Content starts

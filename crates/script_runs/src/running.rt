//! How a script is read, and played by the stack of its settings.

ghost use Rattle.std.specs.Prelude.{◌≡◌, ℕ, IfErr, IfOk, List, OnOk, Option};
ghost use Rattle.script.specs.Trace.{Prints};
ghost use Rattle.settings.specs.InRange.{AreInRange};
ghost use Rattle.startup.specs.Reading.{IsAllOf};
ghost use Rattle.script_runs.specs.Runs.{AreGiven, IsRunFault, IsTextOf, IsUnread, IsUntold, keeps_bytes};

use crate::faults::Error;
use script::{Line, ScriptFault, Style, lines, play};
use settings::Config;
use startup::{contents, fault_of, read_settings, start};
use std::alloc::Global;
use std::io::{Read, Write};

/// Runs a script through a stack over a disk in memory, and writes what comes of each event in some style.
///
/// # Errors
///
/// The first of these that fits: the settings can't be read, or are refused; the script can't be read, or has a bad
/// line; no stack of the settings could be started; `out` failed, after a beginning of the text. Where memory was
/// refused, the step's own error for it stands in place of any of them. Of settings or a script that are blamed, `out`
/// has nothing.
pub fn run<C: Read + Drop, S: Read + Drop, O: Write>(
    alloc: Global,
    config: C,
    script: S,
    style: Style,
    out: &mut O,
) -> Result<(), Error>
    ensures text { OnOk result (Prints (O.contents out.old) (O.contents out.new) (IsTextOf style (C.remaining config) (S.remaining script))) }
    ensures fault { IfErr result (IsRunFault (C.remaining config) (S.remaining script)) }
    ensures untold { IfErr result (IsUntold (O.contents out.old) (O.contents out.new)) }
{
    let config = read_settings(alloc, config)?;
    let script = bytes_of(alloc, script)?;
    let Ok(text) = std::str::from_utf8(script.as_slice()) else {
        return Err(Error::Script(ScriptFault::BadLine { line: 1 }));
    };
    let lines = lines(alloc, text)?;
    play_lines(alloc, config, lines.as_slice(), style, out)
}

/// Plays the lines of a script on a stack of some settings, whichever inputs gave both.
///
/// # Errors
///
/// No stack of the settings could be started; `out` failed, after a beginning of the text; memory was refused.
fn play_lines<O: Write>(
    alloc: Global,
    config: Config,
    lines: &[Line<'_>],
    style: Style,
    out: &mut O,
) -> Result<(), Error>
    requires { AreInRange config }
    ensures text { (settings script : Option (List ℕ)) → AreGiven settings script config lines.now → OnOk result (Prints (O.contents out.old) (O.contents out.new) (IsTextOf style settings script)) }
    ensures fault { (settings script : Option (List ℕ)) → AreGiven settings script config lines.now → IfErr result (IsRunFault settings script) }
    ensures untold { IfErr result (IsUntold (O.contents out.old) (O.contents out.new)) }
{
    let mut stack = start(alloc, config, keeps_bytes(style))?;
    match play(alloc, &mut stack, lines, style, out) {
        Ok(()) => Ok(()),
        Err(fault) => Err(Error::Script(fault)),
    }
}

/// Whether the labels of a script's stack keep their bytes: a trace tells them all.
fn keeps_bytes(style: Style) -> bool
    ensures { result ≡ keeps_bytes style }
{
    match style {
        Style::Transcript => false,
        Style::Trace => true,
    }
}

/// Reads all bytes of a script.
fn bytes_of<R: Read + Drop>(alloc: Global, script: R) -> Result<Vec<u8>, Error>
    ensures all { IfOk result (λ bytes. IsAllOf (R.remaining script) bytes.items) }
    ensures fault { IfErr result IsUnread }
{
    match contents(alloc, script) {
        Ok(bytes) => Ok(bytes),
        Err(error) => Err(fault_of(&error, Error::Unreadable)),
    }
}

Content ends

Reproduce each entry above without a single difference.

filename crates/script_runs/src/running.rt
//! How a script is read, and played by the stack of its settings.

ghost use Rattle.std.specs.Prelude.{◌≡◌, ℕ, IfErr, IfOk, List, OnOk, Option};
ghost use Rattle.script.specs.Trace.{Prints};
ghost use Rattle.settings.specs.InRange.{AreInRange};
ghost use Rattle.startup.specs.Reading.{IsAllOf};
ghost use Rattle.script_runs.specs.Runs.{AreGiven, IsRunFault, IsTextOf, IsUnread, IsUntold, keeps_bytes};

use crate::faults::Error;
use script::{Line, ScriptFault, Style, lines, play};
use settings::Config;
use startup::{contents, fault_of, read_settings, start};
use std::alloc::Global;
use std::io::{Read, Write};

/// Runs a script through a stack over a disk in memory, and writes what comes of each event in some style.
///
/// # Errors
///
/// The first of these that fits: the settings can't be read, or are refused; the script can't be read, or has a bad
/// line; no stack of the settings could be started; `out` failed, after a beginning of the text. Where memory was
/// refused, the step's own error for it stands in place of any of them. Of settings or a script that are blamed, `out`
/// has nothing.
pub fn run<C: Read + Drop, S: Read + Drop, O: Write>(
    alloc: Global,
    config: C,
    script: S,
    style: Style,
    out: &mut O,
) -> Result<(), Error>
    ensures text { OnOk result (Prints (O.contents out.old) (O.contents out.new) (IsTextOf style (C.remaining config) (S.remaining script))) }
    ensures fault { IfErr result (IsRunFault (C.remaining config) (S.remaining script)) }
    ensures untold { IfErr result (IsUntold (O.contents out.old) (O.contents out.new)) }
{
    let config = read_settings(alloc, config)?;
    let script = bytes_of(alloc, script)?;
    let Ok(text) = std::str::from_utf8(script.as_slice()) else {
        return Err(Error::Script(ScriptFault::BadLine { line: 1 }));
    };
    let lines = lines(alloc, text)?;
    play_lines(alloc, config, lines.as_slice(), style, out)
}

/// Plays the lines of a script on a stack of some settings, whichever inputs gave both.
///
/// # Errors
///
/// No stack of the settings could be started; `out` failed, after a beginning of the text; memory was refused.
fn play_lines<O: Write>(
    alloc: Global,
    config: Config,
    lines: &[Line<'_>],
    style: Style,
    out: &mut O,
) -> Result<(), Error>
    requires { AreInRange config }
    ensures text { (settings script : Option (List ℕ)) → AreGiven settings script config lines.now → OnOk result (Prints (O.contents out.old) (O.contents out.new) (IsTextOf style settings script)) }
    ensures fault { (settings script : Option (List ℕ)) → AreGiven settings script config lines.now → IfErr result (IsRunFault settings script) }
    ensures untold { IfErr result (IsUntold (O.contents out.old) (O.contents out.new)) }
{
    let mut stack = start(alloc, config, keeps_bytes(style))?;
    match play(alloc, &mut stack, lines, style, out) {
        Ok(()) => Ok(()),
        Err(fault) => Err(Error::Script(fault)),
    }
}

/// Whether the labels of a script's stack keep their bytes: a trace tells them all.
fn keeps_bytes(style: Style) -> bool
    ensures { result ≡ keeps_bytes style }
{
    match style {
        Style::Transcript => false,
        Style::Trace => true,
    }
}

/// Reads all bytes of a script.
fn bytes_of<R: Read + Drop>(alloc: Global, script: R) -> Result<Vec<u8>, Error>
    ensures all { IfOk result (λ bytes. IsAllOf (R.remaining script) bytes.items) }
    ensures fault { IfErr result IsUnread }
{
    match contents(alloc, script) {
        Ok(bytes) => Ok(bytes),
        Err(error) => Err(fault_of(&error, Error::Unreadable)),
    }
}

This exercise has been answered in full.